U.S. federal government agency

The Office of Federal Contract Compliance Programs (OFCCP) is part of the U.S. Department of Labor. OFCCP is responsible for ensuring that employers doing business with the federal government comply with the laws and regulations requiring nondiscrimination. This mission is based on the underlying principle that employment opportunities generated by Federal dollars should be available to all Americans on an equitable and fair basis.

==Statutes and executive orders==
OFCCP administers and enforces two equal employment opportunity laws: Section 503 of the Rehabilitation Act of 1973, as amended, and the Vietnam Era Veterans' Readjustment Assistance Act of 1974, as amended, 38 U.S.C. § 4212 (VEVRAA). Together, these laws make it illegal for contractors and subcontractors doing business with the federal government to discriminate in employment because of disability or status as a protected veteran. Its regulations can be found at CFR Title 41 Chapter 60: Public Contracts and Property Management.

Until it was rescinded in 2025, OFCCP also administered Executive Order 11246. That order prohibited contractors and subcontractors doing business with the federal government from discriminating in employment because of race, color, religion, sex, sexual orientation, gender identity, or national origin. In addition, the order made it illegal for contractors and subcontractors to discriminate against applicants or employees because they inquire about, discuss, or disclose their compensation or that of others, subject to certain limitations.

==Agency history==

Seal

OFCCP, as it is today, was created in 1978 with Executive Order 12086 by President Jimmy Carter through a consolidation of all the Affirmative Action enforcement responsibilities at each federal agency with Executive Order 11246 to the United States Secretary of Labor.

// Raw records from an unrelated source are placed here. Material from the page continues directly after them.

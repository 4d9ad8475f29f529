//! A list of bodies in one file of a disk. A gate byte stands before each record, and is opened by a write of its own once
//! the record is on the disk, so that a crash leaves the bodies from before, or these and the new one.
#![tactic(auto)]

mod answer;
mod append;
mod fresh;
pub mod law;
mod log;
mod open;
mod slot;
mod walk;
mod window;
mod write;

pub use answer::{Appended, LogFault, ReadFault, Settled};
pub use log::GateLog;
pub use slot::Slot;
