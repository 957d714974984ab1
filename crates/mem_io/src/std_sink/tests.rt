//! Writers that take their bytes as slowly, and as badly, as a system may.
ghost use Rattle.std.specs.Prelude.{Some};

use super::StdSink;
use crate::sink::{Sink, SinkFault};
use std::alloc::Global;
use std::fmt::Display;
use std::io;
use std::io::{ErrorKind, Write};
use std::test::Fail;

/// Takes at most three bytes a write, fails once it has no more room, and can't always be flushed.
#[derive(Drop)]
struct Terminal {
    shown: Vec<u8>,
    room: usize,
    /// How many writes are interrupted before one is taken.
    interrupts: u32,
    flushes: u32,
    is_full: bool,
}

impl Write for Terminal {
    ghost contents = { λ terminal. Some terminal.shown.items };

    fn write(&mut self, bytes: &[u8]) -> io::Result<usize> {
        if self.interrupts > 0 {
            self.interrupts -= 1;
            return Err(ErrorKind::Interrupted.into());
        }
        if self.shown.len() >= self.room {
            return Err(ErrorKind::BrokenPipe.into());
        }
        let count = bytes.len().min(3);
        self.shown.extend_from_slice(&bytes[..count])?;
        Ok(count)
    }

    fn flush(&mut self) -> io::Result<()> {
        if self.is_full {
            return Err(ErrorKind::StorageFull.into());
        }
        self.flushes = self.flushes.saturating_add(1);
        Ok(())
    }
}

fn sink_of_room(alloc: Global, room: usize) -> StdSink<Terminal> {
    StdSink::new(Terminal {
        shown: Vec::new(alloc),
        room,
        interrupts: 0,
        flushes: 0,
        is_full: false,
    })
}

// As a program writes, which knows its sink by the bound alone.
fn put<K: Sink>(sink: &mut K, bytes: &[u8]) -> Result<(), SinkFault> {
    sink.write(bytes)
}

#[test]
fn a_writer_that_takes_few_bytes_at_once_gets_all_and_is_flushed(rt: HostRuntime) {
    for (room, want, bytes, flushes) in [
        (100, Ok(()), b"refs 2\n".as_slice(), 1),
        (6, Err(SinkFault::Failed), b"refs 2", 0),
        (0, Err(SinkFault::Failed), b"", 0),
    ] {
        let mut sink = sink_of_room(rt.alloc(), room);
        assert_eq!(rt; put(&mut sink, b"refs 2\n"), want, "at {room}");
        assert_eq!(rt; sink.out.shown.as_slice(), bytes, "at {room}");
        assert_eq!(rt; sink.out.flushes, flushes, "at {room}");
    }
}

#[test]
fn three_interrupts_in_a_row_are_passed_over(rt: HostRuntime) {
    let mut sink = sink_of_room(rt.alloc(), 100);
    sink.out.interrupts = 3;
    assert_eq!(rt; put(&mut sink, b"refs 2\n"), Ok(()));
    assert_eq!(rt; sink.out.shown.as_slice(), b"refs 2\n".as_slice());
    assert_eq!(rt; sink.faults(), 0);
}

#[test]
fn a_flush_that_fails_is_a_failure_and_leaves_all_bytes(rt: HostRuntime) {
    let mut sink = sink_of_room(rt.alloc(), 100);
    sink.out.is_full = true;
    assert_eq!(rt; put(&mut sink, b"refs 2\n"), Err(SinkFault::Failed));
    assert_eq!(rt; sink.out.shown.as_slice(), b"refs 2\n".as_slice());
    assert_eq!(rt; sink.faults(), 1);
}

/// Standard output behind a pipe that was closed.
#[derive(Drop)]
struct Closed;

impl Print for Closed {
    fn print<D: Display + Drop>(&self, _value: D) -> io::Result<()> {
        Err(ErrorKind::BrokenPipe.into())
    }

    fn println<D: Display + Drop>(&self, _value: D) -> io::Result<()> {
        Err(ErrorKind::BrokenPipe.into())
    }

    fn write_all(&self, _bytes: &[u8]) -> io::Result<()> {
        Err(ErrorKind::BrokenPipe.into())
    }
}

#[test]
fn a_closed_pipe_is_a_failure_and_is_counted(rt: HostRuntime) -> Result<(), Fail> {
    let closed = Closed;
    let mut sink = StdSink::new(io::writer(&closed));
    assert_eq!(rt; put(&mut sink, b"refs 2\n"), Err(SinkFault::Failed));
    assert_eq!(rt; put(&mut sink, b"refs 2\n"), Err(SinkFault::Failed));
    assert_eq!(rt; sink.faults(), 2);
    Ok(())
}

#[test]
fn standard_output_takes_bytes(rt: HostRuntime) {
    let mut sink = StdSink::new(io::writer(&rt));
    assert_eq!(rt; put(&mut sink, b"refs 2\n"), Ok(()));
    assert_eq!(rt; sink.faults(), 0);
}
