//! Real files. It tells no content.
ghost use Rattle.std.specs.Prelude.{◌≡◌, ◌≤◌, [], None, length, IfOk};

use crate::{LoadFault, Shelf, read_most};
use std::alloc::Global;
use std::io::ErrorKind;
use std::marker::Model;
use std::rt::Files;
use std::{fs, io};

/// The files of the system. Contracts see the names whose load failed.
#[derive(Drop)]
pub struct FileShelf<R: Files> {
    rt: R,
    alloc: Global,
    failed: Vec<String>,
}

impl<R: Files> Model for FileShelf<R> {
    ghost use Rattle.std.specs.Prelude.{List, ℕ, map, string_bytes};

    ghost Value = { List (List ℕ) };

    ghost view = { λ shelf. map string_bytes shelf.failed.items };
}

impl<R: Files> FileShelf<R> {
    /// The files that `rt` reaches, before any load.
    pub fn new(rt: R, alloc: Global) -> FileShelf<R>
        ensures { result ≡ [] }
    {
        FileShelf {
            rt,
            alloc,
            failed: Vec::new(alloc),
        }
    }
}

// The first `most` bytes of the named file, or all where it is shorter.
fn open_and_read<R: Files>(rt: &R, alloc: Global, name: &str, most: usize) -> io::Result<Vec<u8>>
    ensures { IfOk result (λ bytes. length bytes.items ≤ most) }
{
    read_most(alloc, fs::open(rt, name)?, most)
}

impl<R: Files> Shelf for FileShelf<R> {
    ghost files = { λ _. None };

    ghost failed = { λ failed. failed };

    fn load(&mut self, alloc: Global, name: &str, most: usize) -> Result<Vec<u8>, LoadFault> {
        // Room for the name first, so that a failure can always be kept.
        let entry = String::from_str(self.alloc, name)?;
        self.failed.reserve(1)?;
        match open_and_read(&self.rt, alloc, name, most) {
            Ok(bytes) => Ok(bytes),
            Err(e) if e.kind() == ErrorKind::OutOfMemory => Err(LoadFault::NoMemory),
            Err(_) => {
                self.failed.push(entry).unwrap();
                Err(LoadFault::Failed)
            }
        }
    }
}
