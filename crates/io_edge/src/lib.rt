//! The edge of the program: files that are loaded whole, and a sink for text.
//! Each is a trait with a written meaning, a form in memory, and a thin form over the real thing,
//! which reads to the end and writes whole by functions over any reader and any writer.
#![tactic(auto)]

mod beside;
mod file_shelf;
mod out_sink;
mod shelf;
mod sink;
mod stream;
mod words;

pub use beside::{MemShelf, MemSink};
pub use file_shelf::FileShelf;
pub use out_sink::OutSink;
pub use shelf::{LoadFault, Shelf};
pub use sink::{PutFailed, Sink};
pub use stream::{read_most, write_whole};
pub use words::words_behind_name;
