//! A sink over any writer of std, as standard output. It tells what its writer tells.
ghost use Rattle.std.specs.Prelude.{◌≡◌};

use crate::{PutFailed, Sink, write_whole};
use std::io::Write;
use std::marker::Model;

/// A sink that counts the pieces that its writer did not take whole.
#[derive(Drop)]
pub struct OutSink<W: Write> {
    out: W,
    faults: u64,
}

impl<W: Write> Model for OutSink<W> {
    ghost use Rattle.io_edge.specs.Output.{Output};

    ghost Value = { Output };

    ghost view = { λ sink. record { contents = W.contents sink.out; faults = sink.faults } };
}

impl<W: Write> OutSink<W> {
    /// A sink over this writer, before any put.
    pub fn new(out: W) -> OutSink<W>
        ensures { result ≡ record { contents = W.contents out; faults = 0 } }
    {
        OutSink { out, faults: 0 }
    }
}

impl<W: Write> Sink for OutSink<W> {
    ghost written = { λ sink. sink.contents };

    ghost faults = { λ sink. sink.faults };

    fn put(&mut self, piece: &[u8]) -> Result<(), PutFailed> {
        let faults = self.faults;
        match write_whole(&mut self.out, piece) {
            Ok(()) => Ok(()),
            Err(_) => {
                self.faults = faults.saturating_add(1);
                Err(PutFailed)
            }
        }
    }
}
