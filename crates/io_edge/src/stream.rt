//! Reading to the end and writing whole, over any reader and any writer of std.
ghost use Rattle.std.specs.Prelude.{◌≡◌, ◌≢◌, ◌≤◌, length, take, IfErr, IfOk, IfSome, OnErr, OnOk};
ghost use Rattle.std.specs.Io.KnownBytes.{Appends};
ghost use Rattle.std.specs.declared.io.ErrorKind.TheVariants.{Interrupted};
ghost use Rattle.std.specs.IoError.{error_kind};
ghost use Rattle.io_edge.specs.Edge.{AppendsStart};

use std::alloc::Global;
use std::io;
use std::io::{ErrorKind, Read, Write};

/// Reads to the end, but no more than `most` bytes. A read of 0 bytes is the end; an interrupted
/// read is tried again, and each other fault of a read is returned. Want of memory is the fault of
/// kind `OutOfMemory`.
pub fn read_most<R: Read + Drop>(alloc: Global, reader: R, most: usize) -> io::Result<Vec<u8>>
    ensures bytes { IfOk result (λ bytes.
        IfSome (R.remaining reader) (λ all. bytes.items ≡ take most all)) }
    ensures most { IfOk result (λ bytes. length bytes.items ≤ most) }
    ensures retried { IfErr result (λ e. error_kind e ≢ Interrupted) }
{
    let mut bytes = Vec::new(alloc);
    reader.take(most as u64).read_to_end(&mut bytes)?;
    // It cuts nothing: no clause of std's says so of a reader that tells no bytes.
    bytes.truncate(most);
    Ok(bytes)
}

/// Writes the whole piece, in as many writes as that takes. An interrupted write is tried again;
/// each other fault of a write is returned, and so is a write that takes no byte. A prefix of the
/// piece was written then.
pub fn write_whole<W: Write>(writer: &mut W, piece: &[u8]) -> io::Result<()>
    ensures ok { OnOk result (
        Appends (W.contents writer.old) (W.contents writer.new) piece.now) }
    ensures err { OnErr result (
        AppendsStart (W.contents writer.old) (W.contents writer.new) piece.now) }
    ensures retried { IfErr result (λ e. error_kind e ≢ Interrupted) }
{
    let mut done = 0;
    for _ in 0..u64::MAX {
        if done == piece.len() {
            return Ok(());
        }
        match writer.write(&piece[done..]) {
            Ok(0) => return Err(io::Error::from(ErrorKind::WriteZero)),
            Ok(count) => done += count,
            Err(e) if e.kind() == ErrorKind::Interrupted => {}
            Err(e) => return Err(e),
        }
    }
    Err(io::Error::from(ErrorKind::TimedOut))
}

The origins of the agency trace back to President Franklin D. Roosevelt and World War II when he signed Executive Order 8802, preventing discrimination based on race by government contractors.

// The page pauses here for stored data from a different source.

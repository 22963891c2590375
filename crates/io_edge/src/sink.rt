//! Where text goes.
ghost use Rattle.std.specs.Prelude.{◌≡◌, ◌≤◌, ◌<◌, ◌^◌, List, ℕ, OnOk, OnErr, Option};
ghost use Rattle.std.specs.Io.KnownBytes.{Appends};
ghost use Rattle.io_edge.specs.Edge.{AppendsStart, Rose};

use thiserror::Error;

/// A piece was not written whole.
#[derive(Clone, Copy, Debug, PartialEq, Eq, Drop, Error)]
#[error("cannot write")]
pub struct PutFailed;

/// A place that takes bytes.
pub trait Sink {
    /// The bytes that were written, where the sink tells them.
    ghost written: { Self → Option (List ℕ) };

    /// How often a put failed. The count stays at the last value of a `u64`; a sink whose count
    /// stands there is spent, and a put of it that fails leaves the count as it is.
    ghost faults: { Self → ℕ };

    /// Writes a piece at the end; after `PutFailed` a prefix of it was written.
    fn put(&mut self, piece: &[u8]) -> Result<(), PutFailed>
        ensures ok { OnOk result (Appends (written self.old) (written self.new) piece.now) }
        ensures err { OnErr result (AppendsStart (written self.old) (written self.new) piece.now) }
        ensures none { OnOk result (faults self.new ≡ faults self.old) }
        ensures cause { OnErr result (Rose (faults self.old) (faults self.new)) }
        ensures later { faults self.old ≤ faults self.new }
        ensures last { faults self.new < 2 ^ 64 };
}
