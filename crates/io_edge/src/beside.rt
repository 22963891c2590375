//! What the program does not use, for who tests what loads and writes: a shelf and a sink in memory.
//! The program has a `FileShelf` and an `OutSink`.

mod mem_shelf;
mod mem_sink;

pub use mem_shelf::MemShelf;
pub use mem_sink::MemSink;
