//! Files that are loaded by name.
ghost use Rattle.std.specs.Prelude.{◌≡◌, ◌≤◌, ◌++◌, [], ◌∷◌, List, ℕ, length, IfOk, OnOk, IsErrOf};
ghost use Rattle.std.specs.Prelude.{Option};
ghost use Rattle.io_edge.specs.declared.shelf.LoadFault.TheVariants.{Failed, NoMemory};
ghost use Rattle.io_edge.specs.Edge.{Gives};

use std::alloc::{AllocError, AllocFailed, Global};
use thiserror::Error;

/// Why a file was not loaded.
#[derive(Clone, Copy, Debug, PartialEq, Eq, Drop, Error)]
pub enum LoadFault {
    /// There is no such file, or a part of it could not be read.
    #[error("cannot read")]
    Failed,
    /// Memory was wanted and not found.
    #[error("out of memory")]
    NoMemory,
}

impl From<AllocError> for LoadFault {
    ghost from_gives = { λ _ fault. fault ≡ NoMemory };

    fn from(_: AllocError) -> Self {
        LoadFault::NoMemory
    }
}

impl<T: Drop> From<AllocFailed<T>> for LoadFault {
    ghost from_gives = { λ _ fault. fault ≡ NoMemory };

    fn from(_: AllocFailed<T>) -> Self {
        LoadFault::NoMemory
    }
}

/// A place that has files under names.
pub trait Shelf {
    /// The files, each a name and its bytes, where the shelf tells them. Of one name the first
    /// counts.
    ghost files: { Self → Option (List (List ℕ × List ℕ)) };

    /// The names whose load failed, in the order of the loads.
    ghost failed: { Self → List (List ℕ) };

    /// The first `most` bytes of the named file, or all where it is shorter.
    fn load(&mut self, alloc: Global, name: &str, most: usize) -> Result<Vec<u8>, LoadFault>
        ensures bytes { IfOk result (λ bytes. Gives (files self.old) name.now most bytes.items) }
        ensures most { IfOk result (λ bytes. length bytes.items ≤ most) }
        ensures files { files self.new ≡ files self.old }
        ensures ok { OnOk result (failed self.new ≡ failed self.old) }
        ensures no_memory { IsErrOf result NoMemory → failed self.new ≡ failed self.old }
        ensures failed { IsErrOf result Failed →
            failed self.new ≡ failed self.old ++ name.now ∷ [] };
}
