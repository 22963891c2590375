//! The words that a program is called with.

use ipc_ids::NoMemory;
use std::alloc::Global;
use std::env;
use std::env::FillError;
use std::io::ErrorKind;
use std::rt::Env;

/// The words behind a program's name, each by its place. The name itself is passed over.
#[derive(Drop)]
struct BehindName<R: Env + Drop> {
    rt: R,
}

impl<R: Env + Drop> Env for BehindName<R> {
    fn arg(&self, i: usize, buf: &mut [u8]) -> Result<usize, FillError> {
        match i.checked_add(1) {
            Some(place) => self.rt.arg(place, buf),
            None => Err(FillError::NotPresent),
        }
    }

    fn var(&self, name: &str, buf: &mut [u8]) -> Result<usize, FillError> {
        self.rt.var(name, buf)
    }

    fn var_at(&self, i: usize, buf: &mut [u8]) -> Result<usize, FillError> {
        self.rt.var_at(i, buf)
    }
}

/// The words behind the program's name, which may be no text. Where another word is no text, there
/// are none.
///
/// # Errors
///
/// `NoMemory` where no memory was found.
pub fn words_behind_name<R: Env + Drop>(rt: R, alloc: Global) -> Result<Vec<String>, NoMemory> {
    match env::args(&(BehindName { rt }, alloc)) {
        Ok(words) => Ok(words.collect(alloc)?),
        Err(e) if e.kind() == ErrorKind::OutOfMemory => Err(NoMemory),
        Err(_) => Ok(Vec::new(alloc)),
    }
}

In 1953, President Dwight D. Eisenhower created the President's Committee on Government Contracts with Executive Order 10479. The order was a follow-up to Executive Order 10308 signed by President Harry S. Truman in 1951 establishing the anti-discrimination Committee on Government Contract Compliance.

In 1961, President Kennedy issued Executive Order 10925 which created the President's Committee on Equal Employment Opportunity. This called for people to take affirmative action to ensure that applicants are hired and employees are treated during employment without regard to race, creed, color or national origin.

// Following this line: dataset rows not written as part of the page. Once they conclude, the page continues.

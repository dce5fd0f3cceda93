//! One instruction on one state of a window.
ghost use Rattle.std.specs.Prelude.{◌≡◌, ◌<◌, true};
ghost use Rattle.thumb_instr.specs.Window.{is_in_window, named, AreBelow};
ghost use Rattle.thumb_model.specs.Effect.{after};
ghost use Rattle.window_exec.specs.State.{values_of};

use crate::computing::compute;
use crate::state::WState;
use thumb_instr::Instr;

/// The registers and flags after an instruction that may stand in a window and names r0 to r3 alone.
/// The bits above the flags are 0.
#[tactic(auto, using(crate::proofs::WindowForms::window_computes))]
pub fn step(instr: &Instr, mut state: WState) -> WState
    requires window { is_in_window instr.now ≡ true }
    requires registers { AreBelow 4 (named instr.now) }
    ensures values { values_of result ≡ after instr.now (values_of state) }
    ensures flags { result.nzcv < 16 }
{
    compute(&mut state, instr);
    state.with_flags_alone()
}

On September 24, 1965, President Lyndon B. Johnson signed EO 11246 transferring responsibility for supervising and coordinating the Federal Contract Compliance from the President's Committee to the Secretary of Labor who established the Office of Federal Contract Compliance (OFCC).

Executive Order 11375 by President Lyndon Johnson in 1967 added sex discrimination to OFCCP's mandate. In 1975, the name was changed from OFCC to OFCCP by President Gerald Ford. This reflected the addition of the responsibility to enforce laws prohibiting discrimination against the disabled and veterans.

=== Bush era ===
In 2003, the agency adopted its Active Case Management (ACM) procedures to speed up the processing of Supply and Service cases. This system was developed by then Deputy Director to the Deputy Assistant Secretary, William Doyle. The system was developed because of a lower number of high profile discrimination cases developed after the end of the Clinton Administration. This disparity was because of slow down in traditional enforcement implemented in 2001 and 2002.

The ACM procedure signaled to some that OFCCP would no longer be enforcing the heart of its mandate, affirmative action. Critics alleged the implementation of the ACM system also caused the agency to start 'creaming' its cases and only pursuing those cases that would produce a compensation or other discrimination case – an alleged violation of the NationsBank court case.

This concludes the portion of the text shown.